++++ Material for this task

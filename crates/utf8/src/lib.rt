// Whether bytes are UTF-8 (RFC 3629), in one pass: the test that stands for `str::from_utf8`.
#![tactic(auto)]

ghost use Rattle.std.specs.Prelude.{◌≡◌, ◌↔◌, true, Some};
ghost use Rattle.utf8.specs.Utf8.{Utf8, Text};
ghost use Rattle.utf8.specs.Scan.{want, lead_of, step_of};

// How many bytes a character still wants, and where the next of them must lie.
#[derive(Clone, Copy)]
struct Want {
    left: u8,
    lo: u8,
    hi: u8,
}

fn wants(left: u8, lo: u8, hi: u8) -> Option<Want>
    ensures { result ≡ Some (want left lo hi) }
{
    Some(Want { left, lo, hi })
}

// What a character wants after its first byte; nothing after a byte that begins none.
fn lead(b: u8) -> Option<Want>
    ensures { result ≡ lead_of b }
{
    // most bytes of a text are ASCII, so that these go first
    if b.is_ascii() {
        return wants(0, 0x80, 0xbf);
    }
    match b {
        0xc2..=0xdf => wants(1, 0x80, 0xbf),
        0xe0 => wants(2, 0xa0, 0xbf),
        0xe1..=0xec => wants(2, 0x80, 0xbf),
        0xed => wants(2, 0x80, 0x9f),
        0xee..=0xef => wants(2, 0x80, 0xbf),
        0xf0 => wants(3, 0x90, 0xbf),
        0xf1..=0xf3 => wants(3, 0x80, 0xbf),
        0xf4 => wants(3, 0x80, 0x8f),
        _ => None,
    }
}

// What is wanted after one byte more; nothing after a byte that was not.
fn step(w: Want, b: u8) -> Option<Want>
    ensures { result ≡ step_of w b }
{
    if w.left == 0 {
        return lead(b);
    }
    if b < w.lo || w.hi < b {
        return None;
    }
    wants(w.left - 1, 0x80, 0xbf)
}

// True exactly if the bytes are UTF-8. No bytes are.
pub fn is_utf8(s: &[u8]) -> bool
    ensures { (result ≡ true) ↔ Utf8 s.now }
{
    let mut w = Want {
        left: 0,
        lo: 0x80,
        hi: 0xbf,
    };
    for b in s {
        match step(w, *b) {
            Some(next) => w = next,
            None => return false,
        }
    }
    w.left == 0
}

// True exactly if the bytes are a text: UTF-8, and not empty.
pub fn is_text(s: &[u8]) -> bool
    ensures { (result ≡ true) ↔ Text s.now }
{
    !s.is_empty() && is_utf8(s)
}
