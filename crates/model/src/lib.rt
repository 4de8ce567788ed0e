// What the rules (docs/RULES.md) say of sessions and of lists of calls, as definitions on lists and numbers alone (specs/), and the theorems
// about them (proofs/). There is no code here.
#![tactic(auto)]
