//! The negotiate flags of NTLM (MS-NLMP 2.2.2.5), which messages, responses and sessions all go by.
#![tactic(auto)]

ghost use Rattle.std.specs.Prelude.{◌≡◌, ◌+◌, ◌&&◌, ℕ, bit_and, bit_or};
ghost use Rattle.ntlm_flags.specs.Flags as ms;
ghost use Rattle.ntlm_flags.specs.Flags.{has_flag, challenge_flags, agreed_flags};
ghost use Rattle.ntlm_flags.specs.declared.TheConstants as code;

/// Texts are UTF-16LE.
pub const NTLMSSP_NEGOTIATE_UNICODE: u32 = 0x0000_0001;
/// Texts are in the OEM character set.
pub const NTLM_NEGOTIATE_OEM: u32 = 0x0000_0002;
/// The CHALLENGE is to name its target.
pub const NTLMSSP_REQUEST_TARGET: u32 = 0x0000_0004;
/// Session keys for signing.
pub const NTLMSSP_NEGOTIATE_SIGN: u32 = 0x0000_0010;
/// Session keys for sealing.
pub const NTLMSSP_NEGOTIATE_SEAL: u32 = 0x0000_0020;
/// The NTLM protocol.
pub const NTLMSSP_NEGOTIATE_NTLM: u32 = 0x0000_0200;
/// NEGOTIATE carries a domain name.
pub const NTLMSSP_NEGOTIATE_OEM_DOMAIN_SUPPLIED: u32 = 0x0000_1000;
/// NEGOTIATE carries a workstation name.
pub const NTLMSSP_NEGOTIATE_OEM_WORKSTATION_SUPPLIED: u32 = 0x0000_2000;
/// A signature on every message.
pub const NTLMSSP_NEGOTIATE_ALWAYS_SIGN: u32 = 0x0000_8000;
/// The target is a domain.
pub const NTLMSSP_TARGET_TYPE_DOMAIN: u32 = 0x0001_0000;
/// The target is a server.
pub const NTLMSSP_TARGET_TYPE_SERVER: u32 = 0x0002_0000;
/// Extended session security.
pub const NTLMSSP_NEGOTIATE_EXTENDED_SESSIONSECURITY: u32 = 0x0008_0000;
/// CHALLENGE carries a list of AV_PAIRs.
pub const NTLMSSP_NEGOTIATE_TARGET_INFO: u32 = 0x0080_0000;
/// The version field is filled.
pub const NTLMSSP_NEGOTIATE_VERSION: u32 = 0x0200_0000;
/// Session keys of 128 bits.
pub const NTLMSSP_NEGOTIATE_128: u32 = 0x2000_0000;
/// AUTHENTICATE carries an encrypted session key.
pub const NTLMSSP_NEGOTIATE_KEY_EXCH: u32 = 0x4000_0000;
/// Session keys of 56 bits.
pub const NTLMSSP_NEGOTIATE_56: u32 = 0x8000_0000;

/// What a client's NEGOTIATE offers (this project's own choice).
pub const OFFERED_FLAGS: u32 = 0xE008_8235;
/// What it offers for NTLMv1 responses without extended session security (this project's own choice).
pub const OFFERED_FLAGS_V1: u32 = 0xE000_8235;
/// What a member's CHALLENGE answers of the flags that are offered (this project's own choice).
pub const ANSWERED_FLAGS: u32 = 0xE008_8235;
/// What it says besides: its target is a domain, and it carries target information (this project's own choice).
pub const TARGET_FLAGS: u32 = 0x0081_0000;

/// The flags have their values of MS-NLMP 2.2.2.5.
pub fn flags_have_their_values()
    ensures unicode { code.NTLMSSP_NEGOTIATE_UNICODE ≡ ms.negotiate_unicode }
    ensures oem { code.NTLM_NEGOTIATE_OEM ≡ ms.negotiate_oem }
    ensures target { code.NTLMSSP_REQUEST_TARGET ≡ ms.request_target }
    ensures sign { code.NTLMSSP_NEGOTIATE_SIGN ≡ ms.negotiate_sign }
    ensures seal { code.NTLMSSP_NEGOTIATE_SEAL ≡ ms.negotiate_seal }
    ensures ntlm { code.NTLMSSP_NEGOTIATE_NTLM ≡ ms.negotiate_ntlm }
    ensures domain_supplied { code.NTLMSSP_NEGOTIATE_OEM_DOMAIN_SUPPLIED
        ≡ ms.negotiate_oem_domain_supplied }
    ensures workstation_supplied { code.NTLMSSP_NEGOTIATE_OEM_WORKSTATION_SUPPLIED
        ≡ ms.negotiate_oem_workstation_supplied }
    ensures always_sign { code.NTLMSSP_NEGOTIATE_ALWAYS_SIGN ≡ ms.negotiate_always_sign }
    ensures domain { code.NTLMSSP_TARGET_TYPE_DOMAIN ≡ ms.target_type_domain }
    ensures server { code.NTLMSSP_TARGET_TYPE_SERVER ≡ ms.target_type_server }
    ensures extended { code.NTLMSSP_NEGOTIATE_EXTENDED_SESSIONSECURITY
        ≡ ms.negotiate_extended_sessionsecurity }
    ensures info { code.NTLMSSP_NEGOTIATE_TARGET_INFO ≡ ms.negotiate_target_info }
    ensures version { code.NTLMSSP_NEGOTIATE_VERSION ≡ ms.negotiate_version }
    ensures bits_128 { code.NTLMSSP_NEGOTIATE_128 ≡ ms.negotiate_128 }
    ensures key_exchange { code.NTLMSSP_NEGOTIATE_KEY_EXCH ≡ ms.negotiate_key_exch }
    ensures bits_56 { code.NTLMSSP_NEGOTIATE_56 ≡ ms.negotiate_56 }
{}

/// What the ends of this project offer and answer, flag by flag.
pub fn offers_and_answers()
    ensures offered { code.OFFERED_FLAGS ≡ ms.offered_flags }
    ensures offered_v1 { code.OFFERED_FLAGS_V1 ≡ ms.offered_flags_v1 }
    ensures answered { code.ANSWERED_FLAGS ≡ ms.answered_flags }
    ensures target { code.TARGET_FLAGS ≡ ms.target_flags }
    ensures offered_are { ms.offered_flags ≡ ms.negotiate_unicode + ms.request_target
        + ms.negotiate_sign + ms.negotiate_seal + ms.negotiate_ntlm + ms.negotiate_always_sign
        + ms.negotiate_extended_sessionsecurity + ms.negotiate_128 + ms.negotiate_key_exch
        + ms.negotiate_56 }
    ensures offered_v1_are { ms.offered_flags
        ≡ ms.offered_flags_v1 + ms.negotiate_extended_sessionsecurity }
    ensures answered_are { ms.answered_flags ≡ ms.offered_flags }
    ensures target_are { ms.target_flags ≡ ms.target_type_domain + ms.negotiate_target_info }
{}

/// A flag is agreed exactly where it stands in both messages. One that says nothing of the target stands in a member's
/// CHALLENGE exactly where it is offered and among those that are answered.
pub fn flags_of_two()
    ensures agreed { (one other flag : ℕ) →
        has_flag (agreed_flags one other) flag ≡ (has_flag one flag && has_flag other flag) }
    ensures challenge { (offered flag : ℕ) → bit_and ms.target_flags flag ≡ 0 →
        has_flag (challenge_flags offered) flag
        ≡ (has_flag offered flag && has_flag ms.answered_flags flag) }
{}

/// Whether a flag is set among the flags of a message.
pub fn has_flag(flags: u32, flag: u32) -> bool
    ensures { result ≡ has_flag flags flag }
{
    flags & flag == flag
}

/// The flags of a member's CHALLENGE, by those that the NEGOTIATE offers (this project's own choice).
pub fn challenge_flags(offered: u32) -> u32
    ensures { result ≡ challenge_flags offered }
{
    offered & ANSWERED_FLAGS | TARGET_FLAGS
}

/// The flags that stand in both of two messages.
pub fn agreed_flags(one: u32, other: u32) -> u32
    ensures { result ≡ agreed_flags one other }
{
    one & other
}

++++++++

Could you return every line from the entries above in which the string "specs" occurs?

ghost use Rattle.std.specs.Prelude.{◌≡◌, ◌↔◌, true, Some};
ghost use Rattle.utf8.specs.Utf8.{Utf8, Text};
ghost use Rattle.utf8.specs.Scan.{want, lead_of, step_of};
// What the rules (docs/RULES.md) say of sessions and of lists of calls, as definitions on lists and numbers alone (specs/), and the theorems
ghost use Rattle.std.specs.Prelude.{◌≡◌, ◌+◌, ◌&&◌, ℕ, bit_and, bit_or};
ghost use Rattle.ntlm_flags.specs.Flags as ms;
ghost use Rattle.ntlm_flags.specs.Flags.{has_flag, challenge_flags, agreed_flags};
ghost use Rattle.ntlm_flags.specs.declared.TheConstants as code;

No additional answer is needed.